┌────────

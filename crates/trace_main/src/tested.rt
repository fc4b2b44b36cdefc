//! A scenario as a test.

ghost use Rattle.std.specs.Prelude.{◌≡◌, ◌≤◌, [], IfErr, IfOk, length};
ghost use Rattle.std.specs.Io.KnownBytes.{Appends};
ghost use Rattle.trace_io.specs.Faults.{IsOfRun};
ghost use Rattle.trace_io.specs.Output.{AppendsSome};
ghost use Rattle.trace_test.specs.Tests.{outcome_text};
ghost use Rattle.trace_io.specs.Input.{longest_input};
ghost use Rattle.trace_io.specs.declared.words.Task.TheVariants.{Test};
ghost use Rattle.trace_main.specs.Program.{Begins, Performs, ending_of};

use crate::told::write_all;
use std::alloc::Global;
use std::io::Write;
use trace_io::Fault;
use trace_run::TaskEnd;
use trace_test::{TestOutcome, report, test};

/// How a test ends, by what came of it.
fn ending_of(outcome: &TestOutcome) -> TaskEnd
    ensures { result ≡ ending_of outcome.now }
{
    match outcome {
        TestOutcome::Passed => TaskEnd::Good,
        TestOutcome::Differs(_) => TaskEnd::Differs,
        TestOutcome::Unexpected(_) => TaskEnd::Unexpected,
    }
}

/// Prints what came of a test.
fn tell_outcome<W: Write>(alloc: Global, outcome: &TestOutcome, out: &mut W) -> Result<(), Fault>
    ensures told { IfOk result (λ _. Appends (W.contents out.old) (W.contents out.new) (outcome_text outcome.now)) }
    ensures begun { AppendsSome (outcome_text outcome.now) (W.contents out.old) (W.contents out.new) }
    ensures fault { IfErr result (λ fault. IsOfRun fault) }
{
    let report = report(alloc, outcome)?;
    write_all(out, report.as_slice())
}

/// Runs a test, and prints what came of it. A fault where a line is bad, by its number in the test, or memory or a stream fails.
#[tactic(auto, using(crate::proofs::Begun::no_outcome, crate::proofs::JudgedRuns::of_run, crate::proofs::Reports::test_fails, crate::proofs::Outcomes::test_ends, crate::proofs::Outcomes::outcome_begun))]
pub fn run_test<W: Write>(alloc: Global, text: &[u8], out: &mut W) -> Result<TaskEnd, Fault>
    requires { length text.now ≤ longest_input }
    ensures ends { Performs Test text.now [] (W.contents out.old) (W.contents out.new) result }
    ensures begun { Begins Test text.now (W.contents out.old) (W.contents out.new) }
{
    let outcome = test(alloc, text)?;
    tell_outcome(alloc, &outcome, out)?;
    Ok(ending_of(&outcome))
}
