//! A scenario's run with what there is to say of its entries: their reasons, or the packets that moved.

ghost use Rattle.std.specs.Prelude.{◌≡◌, ◌≤◌, [], IfErr, IfOk, Ok, OnOk, length};
ghost use Rattle.std.specs.Io.KnownBytes.{Appends};
ghost use Rattle.trace_explain.specs.declared.telling.Telling.TheVariants.{Reasons};
ghost use Rattle.trace_io.specs.Faults.{IsOfRun};
ghost use Rattle.trace_io.specs.Input.{longest_input};
ghost use Rattle.trace_io.specs.Output.{AppendsSome};
ghost use Rattle.trace_io.specs.declared.words.Task.TheVariants.{Explain, Packets};
ghost use Rattle.trace_scenario.specs.declared.scenario.Scenario.{Scenario};
ghost use Rattle.trace_main.specs.Program.{Begins, IsSilentAtBad, IsUntold, Performs, packets_told, told_text};
ghost use Rattle.trace_main.specs.Source.{IsReadFirst, scenario_in};

use crate::source::{Opened, Source};
use std::alloc::Global;
use std::io::Write;
use trace_explain::{Telling, explained_run};
use trace_io::{Fault, write_bytes};
use trace_run::TaskEnd;
use trace_scenario::{Lined, Scenario};
use usb_device::into_setups;

/// Writes a text, and all that is to be written with it.
pub(crate) fn write_all<W: Write>(out: &mut W, text: &[u8]) -> Result<(), Fault>
    ensures whole { OnOk result (Appends (W.contents out.old) (W.contents out.new) text.now) }
    ensures begun { AppendsSome text.now (W.contents out.old) (W.contents out.new) }
    ensures fault { IfErr result (λ fault. IsOfRun fault) }
{
    write_bytes(out, text)?;
    out.flush()?;
    Ok(())
}

/// What is told of a scenario's run.
fn told_run(
    alloc: Global,
    telling: Telling,
    source: &Source<'_>,
    first: Option<Lined<'_>>,
) -> Result<Vec<u8>, Fault>
    requires { IsReadFirst source.now first }
    ensures told { IfOk result (λ told. (s : Scenario) × (scenario_in source.now ≡ Ok s) × (told.items ≡ told_text telling source.now s)) }
    ensures fault { IfErr result (IsUntold source.now) }
{
    let Lined {
        scenario,
        lines,
        ..
    } = source.read(alloc, first)?;
    let lines = source.told(alloc, lines.as_slice())?;
    let Scenario { setup, plan, rules } = scenario;
    let setup = into_setups(alloc, setup)?;
    let (plan, rules) = (plan.as_slice(), rules.as_slice());
    Ok(explained_run(alloc, telling, &setup, plan, rules, lines.as_slice())?)
}

/// Which packets are told: below entries that stand behind their lines, or alone.
fn packets_told(steps: bool) -> Telling
    ensures { result ≡ packets_told steps }
{
    if steps {
        Telling::StepPackets
    } else {
        Telling::Packets
    }
}

/// Prints the entries of a text's scenario, each behind its line, with their reasons.
#[tactic(auto, using(crate::proofs::Begun::nothing_of, crate::proofs::JudgedRuns::of_run, crate::proofs::Words::silent_same, crate::proofs::Words::silent_told, crate::proofs::Words::explain_untold, crate::proofs::Words::explain_done, crate::proofs::Words::explain_begun))]
pub(crate) fn explain<W: Write>(alloc: Global, text: &[u8], out: &mut W) -> Result<TaskEnd, Fault>
    requires { length text.now ≤ longest_input }
    ensures ends { Performs Explain text.now [] (W.contents out.old) (W.contents out.new) result }
    ensures silent { IsSilentAtBad text.now (W.contents out.old) (W.contents out.new) }
    ensures begun { Begins Explain text.now (W.contents out.old) (W.contents out.new) }
{
    let Opened { source, first } = Source::open(alloc, text)?;
    let told = told_run(alloc, Telling::Reasons, &source, first)?;
    write_all(out, told.as_slice())?;
    Ok(TaskEnd::Good)
}

/// Prints the entries of a text's scenario with the packets that moved, each behind its line where the lines are asked for.
#[tactic(auto, using(crate::proofs::Begun::nothing_of, crate::proofs::JudgedRuns::of_run, crate::proofs::Words::silent_same, crate::proofs::Words::silent_told, crate::proofs::Words::packets_untold, crate::proofs::Words::packets_done, crate::proofs::Words::packets_begun))]
pub(crate) fn packets<W: Write>(
    alloc: Global,
    steps: bool,
    text: &[u8],
    out: &mut W,
) -> Result<TaskEnd, Fault>
    requires { length text.now ≤ longest_input }
    ensures ends { Performs (Packets steps) text.now [] (W.contents out.old) (W.contents out.new) result }
    ensures silent { IsSilentAtBad text.now (W.contents out.old) (W.contents out.new) }
    ensures begun { Begins (Packets steps) text.now (W.contents out.old) (W.contents out.new) }
{
    let Opened { source, first } = Source::open(alloc, text)?;
    let told = told_run(alloc, packets_told(steps), &source, first)?;
    write_all(out, told.as_slice())?;
    Ok(TaskEnd::Good)
}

└────────

> [PROBLEM]: Show every line from the listing that contains "TheVariants".

> [ANSWER]:
ghost use Rattle.trace_io.specs.declared.words.Task.TheVariants.{Test};
ghost use Rattle.trace_explain.specs.declared.telling.Telling.TheVariants.{Reasons};
ghost use Rattle.trace_io.specs.declared.words.Task.TheVariants.{Explain, Packets};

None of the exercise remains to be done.